In multiple interviews, Waddell has stated that the film was his "artistic response to the found footage horror genre. Waddell sought to blend genres by taking a true-crime documentary approach to found-footage horror, with influences from epistolary horror, creepypastas, and cosmic horror. Waddell has stated that his main influences for Project MKHEXE included Werner Herzog's Grizzly Man, Mark Z. Danielewski's House of Leaves, Stephen King's N., and the lost media found-footage documentary The $50 Million Question about the breakup of Dave Chappelle and Neal Brennan's writing partnership.

== Production ==
Pre-production for Project MKHEXE lasted for 3 months in the summer of 2019. Principal photography began on September 30, 2019. Project MKHEXE filmed for 29 days in Los Angeles, California on 17 different cameras from different periods, including the iPhone, Betacam, Hi-8, Canon EOS 5D Mark II, Canon EOS C300, Blackmagic Pocket Cinema Camera, and GoPro Hero cameras. Post-production for the film took place between January 2020 and March 2023.

== Marketing ==
An Alternate Reality Game (ARG) marketing campaign was developed by Gerald Robert Waddell for the film concurrently with the script, to help with word of mouth for the independent film, as a way to expand the lore of the movie, and as a nod to past ARG marketing efforts, including Halo 2's I Love Bees, The Dark Knight's "I Believe in Harvey Dent" ARG campaign, LOST's The LOST Experience, and The Blair Witch Project(1999) website and forum.

Sean's "Relatively Stable Websites" that are mentioned in the film were planned from the script phase and built during post-production, while the website "What is Project MKHEXE?" was designed as a hub full of Easter eggs, puzzles, additional story lore, and a rumored final "Coda" for the film.

Beginning on March 18, 2025, the official Project MKHEXE Instagram account began releasing strange images and video clips with cryptic puzzles as captions. In the following weeks, emails from The Exoheretic Enclave and Justice for Judson went out to horror influencers and movie reviewers, while social media accounts began to explore the urban legend of Project MKHEXE and the "Lost Documentary."

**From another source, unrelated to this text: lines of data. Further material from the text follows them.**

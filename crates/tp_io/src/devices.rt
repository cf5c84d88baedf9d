// What a run asks of its files and of its sink.
ghost use Rattle.std.specs.Prelude.{◌≡◌, ◌≤◌, ℕ, List, Option, IfOk, IsErrOf};
ghost use Rattle.tp_io.specs.Devices.{Reads, Writes, asked_after};
ghost use Rattle.tp_io.specs.Held.{Held, Rose, FileRequest};

use crate::refusal::{FileRefusal, WriteRefusal};
use std::alloc::Global;
use tp_value::Bytes;

/// Files that are read by name.
pub trait Files {
    /// What each name holds, where it is told. A name outside of the map holds no bytes.
    ghost held: { Self → Option Held };

    /// What was asked for so far, in order, where it is told.
    ghost asked: { Self → Option (List FileRequest) };

    /// How often a read has failed.
    ghost faults: { Self → ℕ };

    /// The greatest number that this count can have, if there is one.
    ghost greatest: { Option ℕ };

    /// Reads the first bytes of what the name holds, at most so many. A read that wants memory asks for nothing.
    fn read(&mut self, alloc: Global, name: &str, most: usize) -> Result<Bytes, FileRefusal>
        ensures bytes { IfOk result (Reads (held self.old) name.now most) }
        ensures held { held self.new ≡ held self.old }
        ensures asked { asked self.new ≡ asked_after (asked self.old) name.now most result }
        ensures later { faults self.old ≤ faults self.new }
        ensures cause { IsErrOf result FileRefusal.Failed
            → Rose greatest (faults self.old) (faults self.new) };
}

/// Where a run writes to.
pub trait Sink {
    /// The bytes written so far, where they are told.
    ghost written: { Self → Option (List ℕ) };

    /// How often a write has failed.
    ghost faults: { Self → ℕ };

    /// The greatest number that this count can have, if there is one.
    ghost greatest: { Option ℕ };

    /// Appends the piece. A write that fails may have appended a part of it, from its start; one that wants memory
    /// appends nothing.
    fn write(&mut self, alloc: Global, piece: &[u8]) -> Result<(), WriteRefusal>
        ensures written { Writes (written self.old) (written self.new) piece.now result }
        ensures later { faults self.old ≤ faults self.new }
        ensures cause { IsErrOf result WriteRefusal.Failed
            → Rose greatest (faults self.old) (faults self.new) };
}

On April 20, 2025, a "conspiracy theorist" wearing a sandwich board walked around Hollywood Boulevard distributing pamphlets while discussing the urban legend and the conspiracy theory of a cover up about Project MKHEXE. The official trailer of Project MKHEXE was released on the official Instagram page on April 21, 2025 and on YouTube by Cineverse on April 23, 2025.

== Release ==
The film was released on Screambox on April 29, 2025, as well as other video on demand platforms, including Amazon Video, Apple TV, Vudu, Google Play, Microsoft Store, and YouTube.

== Reception ==
Sean Parker at 25YL compared the film to In the Mouth of Madness, Videodrome, Paranormal Activity, and V/H/S, claiming it is "the best found footage film of the year so far." Scare Value scored it 3.5 out of 5, saying that "chasing its own loose ends results in a believability that most films struggle to find." Celia Payne at Let's Talk Terror said it "might surprise you with its story and wow you with its attention to detail." Edgar of RottenMind gave the film a 9 out of 10, saying that it is "one of [his] top 10 horror films of the year." Kristi Kar of Film Fugitives wrote that "the film is a brilliant work that mythologizes the contemporary cyber-landscape, its loneliness, and its cocoon-like structure that can unleash liminal beings inside our minds that look too identical to our repressed emotions, deep-rooted trauma, and mortifying grief." Robert Zilbauer of The Scariest Things wrote "Project MKHEXE is a superb example of the slow-burn documentary-style horror movie. Even though the pacing might drift a bit in the third act, the story already has you by the throat and won’t let go."